The C test is very dubious -- it tests the speed of compilation. If you're
running the exact same compiler on each system, OK; but otherwise, the
results should probably be discarded. A slower compilation doesn't say
anything about the speed of your system, since the compiler may simply be
spending more time to super-optimise the code, which would actually make it
faster.
This will be particularly true on architectures like IA-64 (Itanium etc.)

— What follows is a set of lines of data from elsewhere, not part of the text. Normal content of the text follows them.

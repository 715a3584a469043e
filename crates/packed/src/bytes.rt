// Words stand with their low byte first. Bytes that are no packed record are found so before any of them is looked at as a register.
ghost use Rattle.std.specs.Prelude.{◌≡◌, ◌<◌, ◌==◌};
ghost use Rattle.std.specs.List.{list_all};
ghost use Rattle.packed.specs.Packed.{status_of, flags_of, start_of, pack, unpack, word_at, reserved, regular, unpacked, placed};

use cpu::types::Record;
use flags::Flags;
use words::{high, join, low, one_if};

// P as the flags are. `as_byte` sets M and X in emulation, where a record that isn't well formed may have them clear; so it is asked as
// in native mode, and any record comes back.
#[tactic(auto, unfolding(crate::specs::Packed::status_of, flags::specs::Flags::byte_of))]
fn status(f: Flags) -> u8
    ensures { result ≡ status_of f }
{
    Flags {
        emulation: false,
        ..f
    }
    .as_byte()
}

#[tactic(auto, unfolding(crate::specs::Packed::flags_of, flags::specs::Flags::set_byte))]
fn flags_of(p: u8, e: bool) -> Flags
    ensures { result ≡ flags_of p e }
{
    let clear = Flags {
        carry: false,
        zero: false,
        interruptdisable: false,
        decimal: false,
        indexsel: false,
        memsel: false,
        overflow: false,
        negative: false,
        emulation: false,
    };
    Flags {
        emulation: e,
        ..clear.set(p)
    }
}

// The record of ten words, at an instruction's start: A X Y S D PC PBR DBR P E, as the paper writes a state. P is taken as it is, so that
// one that isn't well formed in emulation is the core's to refuse.
#[tactic(auto, unfolding(crate::specs::Packed::start_of))]
pub fn start(
    a: u16,
    x: u16,
    y: u16,
    s: u16,
    d: u16,
    pc: u16,
    pbr: u8,
    dbr: u8,
    p: u8,
    e: bool,
) -> Record
    ensures { result ≡ start_of a x y s d pc pbr dbr p e }
{
    let flags = flags_of(p, e);
    Record {
        a,
        x,
        y,
        s,
        d,
        pc,
        pbr,
        dbr,
        flags,
        held: false,
        ir: 0,
        tcu: 0,
        tempaddr: 0,
        tempdata: 0,
        tempbank: 0,
    }
}

// The bytes of a record.
pub fn pack(r: Record) -> [u8; 32]
    ensures { result ≡ pack r }
{
    let f = r.flags;
    [
        1,
        one_if(r.held),
        r.ir,
        r.tcu,
        low(r.a),
        high(r.a),
        low(r.x),
        high(r.x),
        low(r.y),
        high(r.y),
        low(r.s),
        high(r.s),
        low(r.d),
        high(r.d),
        low(r.pc),
        high(r.pc),
        r.pbr,
        r.dbr,
        status(f),
        one_if(f.emulation),
        low(r.tempaddr),
        high(r.tempaddr),
        low(r.tempdata),
        high(r.tempdata),
        r.tempbank,
        0,
        0,
        0,
        0,
        0,
        0,
        0,
    ]
}

fn word_at(bytes: &[u8; 32], at: usize) -> u16
    requires { at < 31 }
    ensures { result ≡ word_at bytes.now at }
{
    join(bytes[at], bytes[at + 1])
}

#[tactic(auto, unfolding(crate::specs::Packed::unpack))]
fn record_of(bytes: &[u8; 32]) -> Record
    ensures { result ≡ unpack bytes.now }
{
    Record {
        a: word_at(bytes, 4),
        x: word_at(bytes, 6),
        y: word_at(bytes, 8),
        s: word_at(bytes, 10),
        d: word_at(bytes, 12),
        pc: word_at(bytes, 14),
        pbr: bytes[16],
        dbr: bytes[17],
        flags: flags_of(bytes[18], bytes[19] == 1),
        held: bytes[1] == 1,
        ir: bytes[2],
        tcu: bytes[3],
        tempaddr: word_at(bytes, 20),
        tempdata: word_at(bytes, 22),
        tempbank: bytes[24],
    }
}

fn are_zeros(bytes: &[u8]) -> bool
    ensures { result ≡ list_all (λ b. b == 0) bytes.now }
{
    bytes.iter().all(|b| *b == 0)
}

fn is_reserved(bytes: &[u8; 32]) -> bool
    ensures { result ≡ reserved bytes.now }
{
    are_zeros(&bytes[25..])
}

fn is_regular(bytes: &[u8; 32]) -> bool
    ensures { result ≡ regular bytes.now }
{
    bytes[0] == 1 && bytes[1] < 2 && bytes[19] < 2 && is_reserved(bytes)
}

// The record of some bytes, if they are a packed record.
#[tactic(auto, unfolding(crate::specs::Packed::is_packed))]
pub fn unpack(bytes: &[u8]) -> Option<Record>
    ensures { result ≡ unpacked bytes.now }
{
    let whole: &[u8; 32] = bytes.try_into().ok()?;
    if is_regular(whole) {
        Some(record_of(whole))
    } else {
        None
    }
}

// Bytes at a place of others; where they have no room nothing happens.
pub fn put(bytes: &mut [u8], at: usize, src: &[u8])
    ensures { bytes.new ≡ placed bytes.old at src.now }
{
    let size = src.len();
    if bytes.len() < size {
        return;
    }
    if bytes.len() - size < at {
        return;
    }
    for i in 0..size {
        bytes[at + i] = src[i];
    }
}
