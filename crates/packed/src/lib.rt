// A record as 32 bytes, for whoever keeps it outside the core: specs/Packed.antt has the layout.
#![tactic(auto)]

pub mod bytes;
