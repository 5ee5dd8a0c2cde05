//! How many of the steps belong to a line.
ghost use Rattle.std.specs.Prelude.{◌≡◌, ◌≤◌, length, min};
ghost use Rattle.core_steps.specs.Finishing.{finish_limit};
ghost use Rattle.trace_text.specs.Line.{line_of};
ghost use Rattle.state_changes.specs.Spans.{call_len, count_of, span_of, steps_to_end};

use crate::recorder::StateStep;
use trace_text::{Line, read_line};

/// How many steps finish a call at the most.
const FINISH_LIMIT: usize = 1 << 40;

// How many steps there are up to the first behind which the call doesn't go on, or how many all are.
fn steps_to_end(moments: &[StateStep]) -> usize
    ensures value { result ≡ steps_to_end moments.now }
    ensures within { result ≤ length moments.now }
{
    let mut at = 0;
    'moments: while at < moments.len() {
        let goes_on = moments[at].goes_on();
        at += 1;
        if !goes_on {
            return at;
        }
    }
    at
}

// How many steps finish a call.
fn finish_len(moments: &[StateStep]) -> usize
    ensures value { result ≡ min (steps_to_end moments.now) finish_limit }
    ensures within { result ≤ length moments.now }
{
    steps_to_end(moments).min(FINISH_LIMIT)
}

// How many steps begin and finish a call, if it can begin.
fn call_len(moments: &[StateStep]) -> usize
    ensures value { result ≡ call_len moments.now }
    ensures within { result ≤ length moments.now }
{
    let Some((first, others)) = moments.split_first() else {
        return 0;
    };
    if first.goes_on() {
        1 + finish_len(others)
    } else {
        1
    }
}

// How many steps a line that says this makes.
fn count_of(said: &Option<Line>, moments: &[StateStep]) -> usize
    ensures value { result ≡ count_of said.now moments.now }
    ensures within { result ≤ length moments.now }
{
    match said {
        None | Some(Line::Blank) | Some(Line::Space { .. }) | Some(Line::File { .. }) => 0,
        Some(Line::Act(..)) | Some(Line::Fold(_)) => moments.len().min(1),
        Some(Line::Finish(_)) => finish_len(moments),
        Some(Line::Now(..)) => call_len(moments),
    }
}

/// How many steps a line makes, of those from its first one on.
pub fn span_of(line: &[u8], moments: &[StateStep]) -> usize
    ensures value { result ≡ span_of line.now moments.now }
    ensures within { result ≤ length moments.now }
{
    count_of(&read_line(line), moments)
}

where the compiler spends huge amounts of effort scheduling instructions
to run in parallel, with a resultant significant gain in execution speed.
Some tests are even more dubious in terms of host-dependency -- for example,
the "dc" test uses the host's version of dc (a calculator program). The
version of this which is available can make a huge difference to the score,
which is why it's not in the index group. Read through the release notes
for more on these kinds of issues.
Another age-old issue is that of the benchmarks being too trivial to be
meaningful. With compilers getting ever smarter, and performing more
wide-ranging flow path analyses, the danger of parts of the benchmarks
simply being optimised out of existance is always present.
All in all, the "index" and "gindex" tests (see above) are designed to
give a reasonable measure of overall system performance; but the results
of any test run should always be used with care.